While the Company is building its fiber network, the Company has installed a communications tower to provide wireless connectivity, initially at 500 MBPS, from the Company’s facility in Iuka, Mississippi into the nationwide Internet and telecommunications system through Atlanta and Memphis. This provides the Company with an interim capability to test market its enterprise data storage services, web-hosting services, and competitive local exchange carrier (CLEC) and interstate exchange carrier (IXC) telephone services to select markets.

Internet Access: As of September 30, 2001, the Company provides Internet access services to 1,455 customers in Mississippi, Tennessee and Alabama. Internet services provided by the Company include basic dial-up access to the Internet through standard computer modems, high speed Internet access, and the design and hosting of websites for customers. As the Company’s fiber optic and broadband wireless network expands, the Company will attempt to market its Internet access provider services to businesses and retail customers along the route of the network.

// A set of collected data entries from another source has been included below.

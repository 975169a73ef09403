//! Small region files, read as a world and a rest.
use crate::flat::{Block, Flat, Waiting, chunk, flat_region, push_chunk, push_pad, region};
use crate::saves::{saved, saved_broken};
use av_image::{Rest, Slot, load};
use av_region_files::RegionFile;
use av_rules::Rules;
use av_state::StateTable;
use av_types::{ChunkPos, Fault, Height, Pos, RegionPos};
use av_world::World;
use std::alloc::{AllocError, Global};
use std::process::Abort;
use std::test::Fail;
use std::thread::Threads;

/// What files of these regions are read as, under a table without rows.
fn read(
    rt: &(impl Threads + Sync),
    alloc: Global,
    files: Vec<RegionFile>,
) -> Result<(World, Rest), Fault> {
    let rules = Rules::read(alloc, b"version = 1")?;
    let mut table = StateTable::new(alloc)?;
    load(rt, alloc, files, &rules, &mut table)
}

/// One file.
fn one(alloc: Global, pos: RegionPos, bytes: Vec<u8>) -> Result<Vec<RegionFile>, AllocError> {
    let mut files = Vec::new(alloc);
    files.push(RegionFile { pos, bytes })?;
    Ok(files)
}

/// That nothing is loaded and there is one region, whose chunks are absent from this index on.
fn has_no_chunk_from(rt: &impl Abort, read: &(World, Rest), index: usize) {
    assert!(rt; read.0.positions().is_empty());
    assert_eq!(rt; read.1.regions.len(), 1);
    for region in &read.1.regions {
        assert_eq!(rt; region.slots.len(), 1024);
        assert_eq!(rt; region.stamps.len(), 1024);
        for slot in region.slots.iter().skip(index) {
            assert!(rt; matches!(slot, Slot::Absent));
        }
    }
}

/// A file of 0 bytes is one of 8,192 zeros.
#[test]
fn regions_without_chunks(rt: HostRuntime) -> Result<(), Fail> {
    let alloc = rt.alloc();
    for len in [0, 8192] {
        let pos = RegionPos { x: 3, z: -2 };
        let files = one(alloc, pos, vec![in alloc; 0; len]?)?;
        let read = read(&rt, alloc, files)?;
        has_no_chunk_from(&rt, &read, 0);
        for region in &read.1.regions {
            assert_eq!(rt; region.pos, pos);
            assert!(rt; region.stamps.iter().all(|stamp| *stamp == 0));
        }
    }
    Ok(())
}

/// The tags of a chunk whose `Status` is `empty`.
const KEPT: &[u8] = b"\x0a\0\0\x08\0\x06Status\0\x05empty\0";

/// A region with that chunk at index 0, of 20 bytes and a byte for its type, and with the stamps 1 to 4 at the bytes of
/// index 0 and 5 at the last byte of index 1023.
fn kept_region(alloc: Global) -> Result<Vec<u8>, AllocError> {
    let mut bytes = Vec::from_slice(alloc, b"\0\0\x02\x01")?;
    bytes.resize(4096, 0)?;
    bytes.extend_from_slice(b"\x01\x02\x03\x04")?;
    bytes.resize(8191, 0)?;
    bytes.extend_from_slice(b"\x05\0\0\0\x15\x03")?;
    bytes.extend_from_slice(KEPT)?;
    bytes.resize(12288, 0)?;
    Ok(bytes)
}

/// A chunk that is not full stays as its payload, and a stamp stays also where no chunk is.
#[test]
fn payloads_and_stamps_that_are_kept(rt: HostRuntime) -> Result<(), Fail> {
    let alloc = rt.alloc();
    let files = one(alloc, RegionPos { x: 0, z: 0 }, kept_region(alloc)?)?;
    let read = read(&rt, alloc, files)?;
    has_no_chunk_from(&rt, &read, 1);
    let region = read.1.regions.first().ok_or("no region")?;
    assert!(rt; region.stamps.first() == Some(&0x0102_0304));
    assert!(rt; region.stamps.last() == Some(&5));
    let slot = region.slots.first().ok_or("no slot")?;
    let Slot::Kept(payload) = slot else {
        return Err("the chunk is not kept".into());
    };
    assert_eq!(rt; payload.as_slice(), KEPT);
    Ok(())
}

/// Files of these regions, each of so many zeros.
fn zeros(alloc: Global, regions: &[(i32, i32, usize)]) -> Result<Vec<RegionFile>, AllocError> {
    let mut files = Vec::new(alloc);
    for (x, z, len) in regions {
        files.push(RegionFile {
            pos: RegionPos { x: *x, z: *z },
            bytes: vec![in alloc; 0; *len]?,
        })?;
    }
    Ok(files)
}

/// The list of files is judged before any file, and its limits before regions that are there twice.
#[test]
fn files_that_are_refused(rt: HostRuntime) -> Result<(), Fail> {
    let alloc = rt.alloc();
    for (regions, fault) in [
        ([(0, 0, 1), (0, 0, 0), (60001, 0, 0)], Fault::RegionRange),
        ([(0, 0, 1), (1, 0, 0), (0, 0, 0)], Fault::RepeatedRegion),
        ([(0, 0, 0), (1, 0, 8191), (2, 0, 8192)], Fault::ShortHeader),
    ] {
        let files = zeros(alloc, regions.as_slice())?;
        assert!(rt; read(&rt, alloc, files).err() == Some(fault));
    }
    Ok(())
}

/// Of two files with a fault that of the first is answered, by z and then by x: `BadNbt` of a payload that is cut, and
/// `ShortHeader`. So the region (1, 0) comes before (0, 1).
#[test]
fn the_first_fault_of_files(rt: HostRuntime) -> Result<(), Fail> {
    let alloc = rt.alloc();
    for (cut, short, fault) in [
        ((1, 0), (0, 1), Fault::BadNbt),
        ((0, 1), (1, 0), Fault::ShortHeader),
    ] {
        let mut payloads = Vec::new(alloc);
        payloads.push(Vec::from_slice(alloc, b"\x0a\0")?)?;
        let bytes = region(alloc, payloads.as_slice())?;
        let mut files = zeros(alloc, &[(short.0, short.1, 8191)])?;
        let pos = RegionPos { x: cut.0, z: cut.1 };
        files.push(RegionFile { pos, bytes })?;
        assert!(rt; read(&rt, alloc, files).err() == Some(fault));
    }
    Ok(())
}

/// A region of so many chunks that are not full, from index 0 on, of which some have other payloads.
fn kept_chunks(
    alloc: Global,
    count: usize,
    others: &[(usize, Vec<u8>)],
) -> Result<Vec<RegionFile>, AllocError> {
    let mut payloads = Vec::new(alloc);
    for index in 0..count {
        let other = others.iter().find(|other| other.0 == index);
        let payload = match other {
            Some(other) => other.1.as_slice(),
            None => KEPT,
        };
        payloads.push(Vec::from_slice(alloc, payload)?)?;
    }
    let bytes = region(alloc, payloads.as_slice())?;
    one(alloc, RegionPos { x: 0, z: 0 }, bytes)
}

/// Several threads read what one does, of no payload, of one, and of more than are decoded together.
#[test]
fn payloads_that_threads_read(rt: HostRuntime) -> Result<(), Fail> {
    let alloc = rt.alloc();
    for count in [0, 1, 2, 70] {
        let read = read(&rt, alloc, kept_chunks(alloc, count, &[])?)?;
        has_no_chunk_from(&rt, &read, count);
        let region = read.1.regions.first().ok_or("no region")?;
        for slot in region.slots.iter().take(count) {
            let Slot::Kept(payload) = slot else {
                return Err("a chunk is not kept".into());
            };
            assert_eq!(rt; payload.as_slice(), KEPT);
        }
    }
    Ok(())
}

/// Of several faults that of the first index is answered, whichever thread is done first: `BadNbt` of a payload that is cut,
/// and `WrongPlace` of the chunk (5, 5), which index 165 has.
#[test]
fn the_first_fault_of_a_region(rt: HostRuntime) -> Result<(), Fail> {
    let alloc = rt.alloc();
    for (cut, elsewhere, fault) in [
        (0, 1, Fault::BadNbt),
        (1, 0, Fault::WrongPlace),
        (63, 64, Fault::BadNbt),
        (64, 63, Fault::WrongPlace),
    ] {
        let mut payload = Vec::new(alloc);
        push_chunk(&mut payload, ChunkPos { x: 5, z: 5 }, 0)?;
        push_pad(&mut payload, 0)?;
        let others = [
            (cut, Vec::from_slice(alloc, b"\x0a\0")?),
            (elsewhere, payload),
        ];
        let files = kept_chunks(alloc, 66, others.as_slice())?;
        assert!(rt; read(&rt, alloc, files).err() == Some(fault));
    }
    Ok(())
}

/// The height of a chunk that has the section of y 48 to 63 alone.
const ONE_SECTION: Height = Height {
    min_section: 3,
    sections: 1,
};

/// The least corner of the layer of stone of the chunk that begins at (x, z).
fn corner(x: i32, z: i32) -> Pos {
    Pos { x, y: 63, z }
}

/// The chunk of one section that has this block at the least corner of its layer of stone.
fn small_chunk(alloc: Global, corner: Pos, block: Block) -> Result<Vec<u8>, AllocError> {
    let flat = Flat {
        height: ONE_SECTION,
        blocks: &[(corner, block)],
        entries: &[],
    };
    chunk(alloc, flat, corner.chunk())
}

/// The number of the state at a block whose y is from 48 to 63.
fn number_at(world: &World, pos: Pos) -> Option<u16> {
    let index = world.index_of(pos.chunk())?;
    let section = world.chunk(index).sections.get(7)?.as_ref()?;
    Some(section.get(pos.place()))
}

/// Of chunks that are read together, some have states that are known, and others one that is new. Stone is number 10, behind
/// air and water, and glowstone, which only the second 64 places have, is 11.
#[test]
fn states_that_are_known_and_new(rt: HostRuntime) -> Result<(), Fail> {
    let alloc = rt.alloc();
    let chunks = [
        (0, corner(0, 0), Block::Stone, 10),
        (64, corner(0, 32), Block::Stone, 10),
        (65, corner(16, 32), Block::Glowstone, 11),
        (66, corner(32, 32), Block::Stone, 10),
        (67, corner(48, 32), Block::Glowstone, 11),
    ];
    let mut payloads = Vec::new(alloc);
    for (index, corner, block, _) in chunks {
        payloads.push((index, small_chunk(alloc, corner, block)?))?;
    }
    let files = kept_chunks(alloc, 68, payloads.as_slice())?;
    let rules = Rules::read(alloc, b"version = 1")?;
    let mut table = StateTable::new(alloc)?;
    let (world, _) = load(&rt, alloc, files, &rules, &mut table)?;
    assert_eq!(rt; table.len(), 12);
    assert_eq!(rt; world.positions().len(), 5);
    for (_, corner, _, number) in chunks {
        assert!(rt; number_at(&world, corner) == Some(number));
    }
    Ok(())
}

/// So many flat chunks, the first with water and entries, of which one is overdue.
fn watered(alloc: Global, chunks: u64) -> Result<Vec<u8>, AllocError> {
    let pos = Pos { x: 8, y: 64, z: 8 };
    let entries: [Waiting; 2] = [(pos, -3, true), (Pos { x: 7, ..pos }, 2, false)];
    let flat = Flat {
        height: Height::game(),
        blocks: &[
            (pos, Block::Water(0)),
            (Pos { x: 7, ..pos }, Block::Water(1)),
        ],
        entries: entries.as_slice(),
    };
    flat_region(alloc, flat, chunks)
}

/// A region of so many chunks, and one of a chunk that is not full.
fn two_regions(alloc: Global, chunks: u64) -> Result<Vec<RegionFile>, AllocError> {
    let mut files = one(alloc, RegionPos { x: 0, z: 0 }, watered(alloc, chunks)?)?;
    files.push(RegionFile {
        pos: RegionPos { x: 7, z: -1 },
        bytes: kept_region(alloc)?,
    })?;
    Ok(files)
}

/// That the files written are those regions, in order.
fn expect_regions(
    rt: &impl Abort,
    written: &[RegionFile],
    alloc: Global,
    chunks: u64,
) -> Result<(), Fail> {
    assert_eq!(rt; written.len(), 2);
    let want = [
        (RegionPos { x: 7, z: -1 }, kept_region(alloc)?),
        (RegionPos { x: 0, z: 0 }, watered(alloc, chunks)?),
    ];
    for (file, (pos, bytes)) in written.iter().zip(want.iter()) {
        assert_eq!(rt; file.pos, *pos);
        assert!(rt; file.bytes == *bytes);
    }
    Ok(())
}

/// What is saved of files is what they were, where nothing is missing in them: blocks, entries, payloads and stamps. One region
/// has no chunk that is loaded, the other one, or more than there are threads.
#[test]
fn files_that_are_saved(rt: HostRuntime) -> Result<(), Fail> {
    let alloc = rt.alloc();
    for chunks in [1, 32] {
        let written = saved(&rt, alloc, two_regions(alloc, chunks)?)?;
        expect_regions(&rt, written.as_slice(), alloc, chunks)?;
    }
    Ok(())
}

/// A world that was given up is broken, with chunks or without.
#[test]
fn a_broken_world_is_not_saved(rt: HostRuntime) -> Result<(), Fail> {
    let alloc = rt.alloc();
    let pos = RegionPos { x: 0, z: 0 };
    for bytes in [Vec::new(alloc), watered(alloc, 2)?] {
        let files = one(alloc, pos, bytes)?;
        assert!(rt; saved_broken(&rt, alloc, files).err() == Some(Fault::Broken));
    }
    Ok(())
}

/// The largest chunk that can be read, without sections: with the sections that are missing it is too large.
fn large_chunk(alloc: Global, at: ChunkPos) -> Result<Vec<u8>, AllocError> {
    let mut payload = Vec::new(alloc);
    push_chunk(&mut payload, at, 0)?;
    push_pad(&mut payload, 1_044_475)?;
    Ok(payload)
}

/// A region with a chunk that is not full at index 0, and behind it those that are too large, at these x.
fn large_region(alloc: Global, row: &[i32]) -> Result<Vec<RegionFile>, AllocError> {
    let mut payloads = Vec::new(alloc);
    payloads.push(Vec::from_slice(alloc, KEPT)?)?;
    for x in row {
        payloads.push(large_chunk(alloc, ChunkPos { x: *x, z: 64 })?)?;
    }
    let bytes = region(alloc, payloads.as_slice())?;
    one(alloc, RegionPos { x: -1, z: 2 }, bytes)
}

/// It is told by its position, and nothing is written.
#[test]
fn a_chunk_that_is_too_large(rt: HostRuntime) -> Result<(), Fail> {
    let alloc = rt.alloc();
    let at = ChunkPos { x: -31, z: 64 };
    let files = large_region(alloc, &[-31])?;
    assert!(rt; saved(&rt, alloc, files).err() == Some(Fault::ChunkTooLarge(at)));
    Ok(())
}

/// Of several the first by its index is told, whichever thread is done first.
#[test]
fn the_first_chunk_that_is_too_large(rt: HostRuntime) -> Result<(), Fail> {
    let alloc = rt.alloc();
    let at = ChunkPos { x: -31, z: 64 };
    let files = large_region(alloc, &[-31, -30, -29, -28, -27, -26])?;
    assert!(rt; saved(&rt, alloc, files).err() == Some(Fault::ChunkTooLarge(at)));
    Ok(())
}

/// No proper beginning of a document is one.
#[test]
fn payloads_that_are_cut(rt: HostRuntime) -> Result<(), Fail> {
    let alloc = rt.alloc();
    let pos = RegionPos { x: 0, z: 0 };
    for length in 0..=KEPT.len() {
        let mut payloads = Vec::new(alloc);
        let payload = KEPT.get(..length).ok_or("too long")?;
        payloads.push(Vec::from_slice(alloc, payload)?)?;
        let bytes = region(alloc, payloads.as_slice())?;
        let fault = read(&rt, alloc, one(alloc, pos, bytes)?).err();
        let want = if length < KEPT.len() {
            Some(Fault::BadNbt)
        } else {
            None
        };
        assert!(rt; fault == want, "{length} bytes");
    }
    Ok(())
}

Digital and Alpha Paging Services: Through its wholly-owned subsidiary, Action Communications, Inc. (“Action”), the Company provides digital and alpha numeric paging services to nine southeastern states and is expanding its coverage area to include portions of the eastern and southwestern United States. As a specialized mobile radio carrier, Action also provides dispatch, telephone and global position system services.

Remote Data Storage: During fiscal 2000, the Company took delivery of $575,000 of equipment that will allow third parties to store and access data stored in digital form on computer systems maintained and operated by the Company in its facility in Iuka, Mississippi.

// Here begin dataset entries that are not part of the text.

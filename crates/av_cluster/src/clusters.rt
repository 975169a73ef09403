//! The parts of a tick.
ghost use Rattle.std.specs.Prelude.{◌≡◌, ◌<◌, ◌≤◌, ◌+◌, ◌++◌, ◌∷◌, [], Some, true, ℕ, IsTrue, OnOk, IfOk, IfErr, length, All, slice_set, slice_index, slice_index_or, vec_len};
ghost use Rattle.std.specs.Map.{keys_of};
ghost use Rattle.av_types.specs.declared.fault.Fault.TheVariants.{OutOfMemory};
ghost use Rattle.av_types.specs.declared.tick.Entry.{Entry};
ghost use Rattle.av_world.specs.Views.{blocks};
ghost use Rattle.av_cluster.specs.Forest.{first, IsFalling, AreSame};
ghost use Rattle.av_cluster.specs.Gathering.{IsGathered, AreAlone};
ghost use Rattle.av_cluster.specs.Clusters.{parts_of, sections_of, IsGiven, AreBare, AreShared, AreOnce, ArePlanned};
ghost use Rattle.av_types.specs.declared.position.SectionPos.{SectionPos};
ghost use Rattle.av_types.specs.Positions.{section_of, is_section_of};
ghost use Rattle.av_cluster.specs.Joining.{owner_in, IsTouchedIf, IsNoted, IsBefore};

use crate::cluster_part::Cluster;
use crate::forest::{find, join};
use crate::owners::{Owners, of_key};
use crate::territories::{corners, meet_same_sections, reach_index};
use av_cells::Cells;
use av_play::DueEntry;
use av_types::{Entry, Fault, Height, Pos, SectionPos};
use av_world::World;
use std::alloc::{AllocError, Global};

/// The most parts that a plan can have: their numbers fit a `u32`.
const MOST: usize = 4_294_967_295;

/// For how many sections of a part room is made at once: those of one turn are at most 8.
const LIKELY_IN_PART: usize = 16;

/// Whether a section's number is in the height.
fn is_high(height: Height, section: SectionPos) -> bool
    ensures { result ≡ is_section_of height section.y }
{
    height.has_section(section.y)
}

/// Notes that the entry at an index touches the section of a block of its reach, where that is loaded. One out of the
/// height is not. A section with an owner is loaded, and only one without is asked for.
fn touch(
    world: &World,
    owners: &mut Owners,
    parents: &mut [usize],
    block: Pos,
    index: usize,
) -> Result<(), AllocError>
    requires falling { IsFalling parents.old }
    requires index { index < length parents.old }
    requires owner { (k : ℕ) → owner_in owners.old.entries.items (section_of block) ≡ Some k
        → k < length parents.old }
    requires loaded { (k : ℕ) → owner_in owners.old.entries.items (section_of block) ≡ Some k
        → (blocks world.now).loaded block ≡ true }
    ensures { OnOk result (IsTouchedIf ((blocks world.now).loaded block) parents.old parents.new
        (owner_in owners.old.entries.items) (owner_in owners.new.entries.items)
        (section_of block) index) }
{
    let section = block.section();
    if !is_high(world.height(), section) {
        return Ok(());
    }
    if let Some(owner) = owners.owner(section) {
        join(parents, owner, index);
        return Ok(());
    }
    if !world.loaded(block) {
        return Ok(());
    }
    owners.add(section, index)?;
    Ok(())
}

/// Notes that the entry at an index touches the sections of its territory.
fn touch_all(
    world: &World,
    entries: &[Entry],
    index: usize,
    owners: &mut Owners,
    parents: &mut [usize],
) -> Result<(), AllocError>
    requires index { index < length entries.now }
    requires loaded { All (λ e. IsTrue ((blocks world.now).loaded e.pos)) entries.now }
    requires noted { IsNoted (blocks world.now) entries.now parents.old
        (owner_in owners.old.entries.items) (IsBefore (blocks world.now) entries.now index) }
    ensures { OnOk result (IsNoted (blocks world.now) entries.now parents.new
        (owner_in owners.new.entries.items) (IsBefore (blocks world.now) entries.now (index + 1))) }
{
    let corners = corners(entries[index].pos);
    for corner in corners.as_slice() {
        touch(world, owners, parents, *corner, index)?;
    }
    Ok(())
}

/// Notes that the entry at an index touches the sections of its territory. Where these are the sections of an entry
/// before it, as was noted, the two are joined, and no section is looked up. The last entries stand by `reach_index`.
fn touch_next(
    world: &World,
    entries: &[Entry],
    index: usize,
    owners: &mut Owners,
    near: &mut [usize; 256],
    parents: &mut [usize],
) -> Result<(), AllocError>
    requires index { index < length entries.now }
    requires loaded { All (λ e. IsTrue ((blocks world.now).loaded e.pos)) entries.now }
    requires noted { IsNoted (blocks world.now) entries.now parents.old
        (owner_in owners.old.entries.items) (IsBefore (blocks world.now) entries.now index) }
    ensures { OnOk result (IsNoted (blocks world.now) entries.now parents.new
        (owner_in owners.new.entries.items) (IsBefore (blocks world.now) entries.now (index + 1))) }
{
    let slot = reach_index(entries[index].pos);
    let before = near[slot];
    near[slot] = index;
    if before >= index {
        return touch_all(world, entries, index, owners, parents);
    }
    if !meet_same_sections(entries[before].pos, entries[index].pos) {
        return touch_all(world, entries, index, owners, parents);
    }
    join(parents, before, index);
    Ok(())
}

/// Joins the entries that share a section.
fn connect(
    world: &World,
    entries: &[Entry],
    owners: &mut Owners,
    parents: &mut [usize],
) -> Result<(), AllocError>
    requires loaded { All (λ e. IsTrue ((blocks world.now).loaded e.pos)) entries.now }
    requires noted { IsNoted (blocks world.now) entries.now parents.old
        (owner_in owners.old.entries.items) (IsBefore (blocks world.now) entries.now 0) }
    ensures { OnOk result (IsNoted (blocks world.now) entries.now parents.new
        (owner_in owners.new.entries.items) (IsBefore (blocks world.now) entries.now
        (length entries.now))) }
{
    let mut near = [0; 256];
    for index in 0..entries.len() {
        touch_next(world, entries, index, owners, &mut near, parents)?;
    }
    Ok(())
}

/// So many indices, each alone in its group.
fn alone(alloc: Global, count: usize) -> Result<Vec<usize>, AllocError>
    ensures { IfOk result (λ ps. AreAlone ps.items count) }
{
    let mut parents = Vec::with_capacity(alloc, count)?;
    for index in 0..count {
        parents.push(index)?;
    }
    Ok(parents)
}

/// Begins a part, with room for as many entries as the parts before it have on average.
fn begin(clusters: &mut Vec<Cluster>, due: DueEntry) -> Result<(), AllocError>
    ensures parts { OnOk result (parts_of clusters.new.items
        ≡ parts_of clusters.old.items ++ (due ∷ []) ∷ []) }
    ensures bare { OnOk result (sections_of clusters.new.items
        ≡ sections_of clusters.old.items ++ [] ∷ []) }
{
    let alloc = *clusters.allocator();
    let usual = due.index as usize / clusters.len().max(1);
    let mut entries = Vec::with_capacity(alloc, usual.max(1))?;
    entries.push(due)?;
    let sections = Vec::with_capacity(alloc, LIKELY_IN_PART)?;
    clusters.push(Cluster { entries, sections })?;
    Ok(())
}

/// Appends an entry to a part.
fn put(clusters: &mut Vec<Cluster>, number: usize, due: DueEntry) -> Result<(), AllocError>
    requires { number < length (parts_of clusters.old.items) }
    ensures parts { OnOk result (parts_of clusters.new.items
        ≡ slice_set (parts_of clusters.old.items) number
        (slice_index_or (parts_of clusters.old.items) number [] ++ due ∷ [])) }
    ensures bare { OnOk result (sections_of clusters.new.items ≡ sections_of clusters.old.items) }
{
    let cluster = &mut clusters[number];
    cluster.entries.push(due)?;
    Ok(())
}

/// Appends a section to a part.
fn own(clusters: &mut Vec<Cluster>, number: usize, section: SectionPos) -> Result<(), AllocError>
    requires { number < length (parts_of clusters.old.items) }
    ensures parts { OnOk result (parts_of clusters.new.items ≡ parts_of clusters.old.items) }
    ensures sections { OnOk result (sections_of clusters.new.items
        ≡ slice_set (sections_of clusters.old.items) number
        (slice_index_or (sections_of clusters.old.items) number [] ++ section ∷ [])) }
{
    let cluster = &mut clusters[number];
    cluster.sections.push(section)?;
    Ok(())
}

/// Puts one more entry into its part.
fn gather_one(
    entries: &[Entry],
    index: usize,
    parents: &mut [usize],
    numbers: &mut Vec<usize>,
    clusters: &mut Vec<Cluster>,
) -> Result<(), AllocError>
    requires index { index < length entries.now }
    requires falling { IsFalling parents.old }
    requires count { length parents.old ≡ length entries.now }
    requires gathered { IsGathered entries.now (first parents.old) index numbers.old.items
        (parts_of clusters.old.items) }
    ensures same { OnOk result (AreSame parents.old parents.new) }
    ensures bare { OnOk result (AreBare (sections_of clusters.old.items)
        → AreBare (sections_of clusters.new.items)) }
    ensures gathered { OnOk result (IsGathered entries.now (first parents.old)
        (index + 1) numbers.new.items (parts_of clusters.new.items)) }
{
    let due = DueEntry {
        index: index as u64,
        entry: entries[index],
    };
    let first = find(parents, index);
    if first == index {
        numbers.push(clusters.len())?;
        begin(clusters, due)?;
        return Ok(());
    }
    let number = numbers[first];
    numbers.push(number)?;
    put(clusters, number, due)?;
    Ok(())
}

/// Puts the entries into parts, by their groups, and notes the number of each one's part.
fn gather(
    entries: &[Entry],
    parents: &mut [usize],
    numbers: &mut Vec<usize>,
    clusters: &mut Vec<Cluster>,
) -> Result<(), AllocError>
    requires falling { IsFalling parents.old }
    requires count { length parents.old ≡ length entries.now }
    requires gathered { IsGathered entries.now (first parents.old) 0 numbers.old.items
        (parts_of clusters.old.items) }
    ensures bare { OnOk result (AreBare (sections_of clusters.old.items)
        → AreBare (sections_of clusters.new.items)) }
    ensures gathered { OnOk result (IsGathered entries.now (first parents.old)
        (length entries.now) numbers.new.items (parts_of clusters.new.items)) }
{
    for index in 0..entries.len() {
        gather_one(entries, index, parents, numbers, clusters)?;
    }
    Ok(())
}

/// Gives a section to the part of its owner.
fn give(
    numbers: &[usize],
    section: SectionPos,
    owner: usize,
    clusters: &mut Vec<Cluster>,
) -> Result<(), AllocError>
    requires owner { owner < length numbers.now }
    requires numbers { (k : ℕ) → k < length numbers.now
        → slice_index numbers.now k < length (parts_of clusters.old.items) }
    ensures parts { OnOk result (parts_of clusters.new.items ≡ parts_of clusters.old.items) }
    ensures sections { OnOk result (IsGiven (Some owner) numbers.now section
        (sections_of clusters.old.items) (sections_of clusters.new.items)) }
{
    own(clusters, numbers[owner], section)
}

/// Gives each part its sections.
fn share(owners: &Owners, numbers: &[usize], clusters: &mut Vec<Cluster>) -> Result<(), AllocError>
    requires numbers { (k : ℕ) → k < length numbers.now
        → slice_index numbers.now k < length (parts_of clusters.old.items) }
    requires owners { (s : SectionPos) (k : ℕ) → owner_in owners.now.entries.items s ≡ Some k
        → k < length numbers.now }
    requires bare { AreBare (sections_of clusters.old.items) }
    ensures parts { OnOk result (parts_of clusters.new.items ≡ parts_of clusters.old.items) }
    ensures sections { OnOk result (AreShared (owner_in owners.now.entries.items) numbers.now
        (keys_of owners.now.entries.items) (sections_of clusters.new.items)) }
    ensures once { OnOk result (AreOnce (sections_of clusters.new.items)) }
{
    for entry in owners.entries() {
        let (key, owner) = *entry;
        give(numbers, of_key(key), owner, clusters)?;
    }
    Ok(())
}

/// The plan of a tick's entries, whose blocks are loaded: two entries are in one part exactly if a chain of entries
/// links them, each sharing a section of its territory with the next. The parts stand in the order of their first
/// entries, and the entries of a part in the tick's order.
///
/// # Errors
/// `OutOfMemory`, also where there are more than 4,294,967,295 parts.
pub fn plan(alloc: Global, world: &World, entries: &[Entry]) -> Result<Vec<Cluster>, Fault>
    requires loaded { All (λ e. IsTrue ((blocks world.now).loaded e.pos)) entries.now }
    ensures planned { IfOk result (λ clusters. ArePlanned
        (blocks world.now) entries.now clusters.items) }
    ensures count { IfOk result (λ clusters. vec_len clusters ≤ 4294967295) }
    ensures memory { IfErr result (λ e. e ≡ OutOfMemory) }
{
    let mut owners = Owners::with_room(alloc, entries.len())?;
    let mut parents = alone(alloc, entries.len())?;
    let groups = parents.as_mut_slice();
    connect(world, entries, &mut owners, groups)?;
    let mut numbers = Vec::with_capacity(alloc, entries.len())?;
    let mut clusters = Vec::new(alloc);
    gather(entries, groups, &mut numbers, &mut clusters)?;
    share(&owners, numbers.as_slice(), &mut clusters)?;
    if clusters.len() > MOST {
        return Err(Fault::OutOfMemory);
    }
    Ok(clusters)
}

In November 2000, the Company was awarded a $300,000 research contract to demonstrate commercial applications of statewide remote sensing data. The Company worked with PixSell, Inc., a Mississippi information technology company, and the University of Mississippi’s Department of Computer and Information Science. Under the six-month contract, which was completed in September 2001, the Company expanded and enhanced the existing “Mississippi View” data management system. The View System was developed by PixSell to provide greater access to Mississippi statewide remote sensing satellite and imagery. The enhanced archived View System makes it a Real Time asset for education, state agencies, and MSCI commercial users. MSCI is a partnership between the National Aeronautics and Space Administration (NASA), the University of Mississippi, and high technology businesses. NASA and the State of Mississippi fund MSCI projects. The mission of MSCI is to develop a remote sensing industry in Mississippi by commercializing the technologies developed by NASA at the Stennis Space Center in Hancock County, Mississippi.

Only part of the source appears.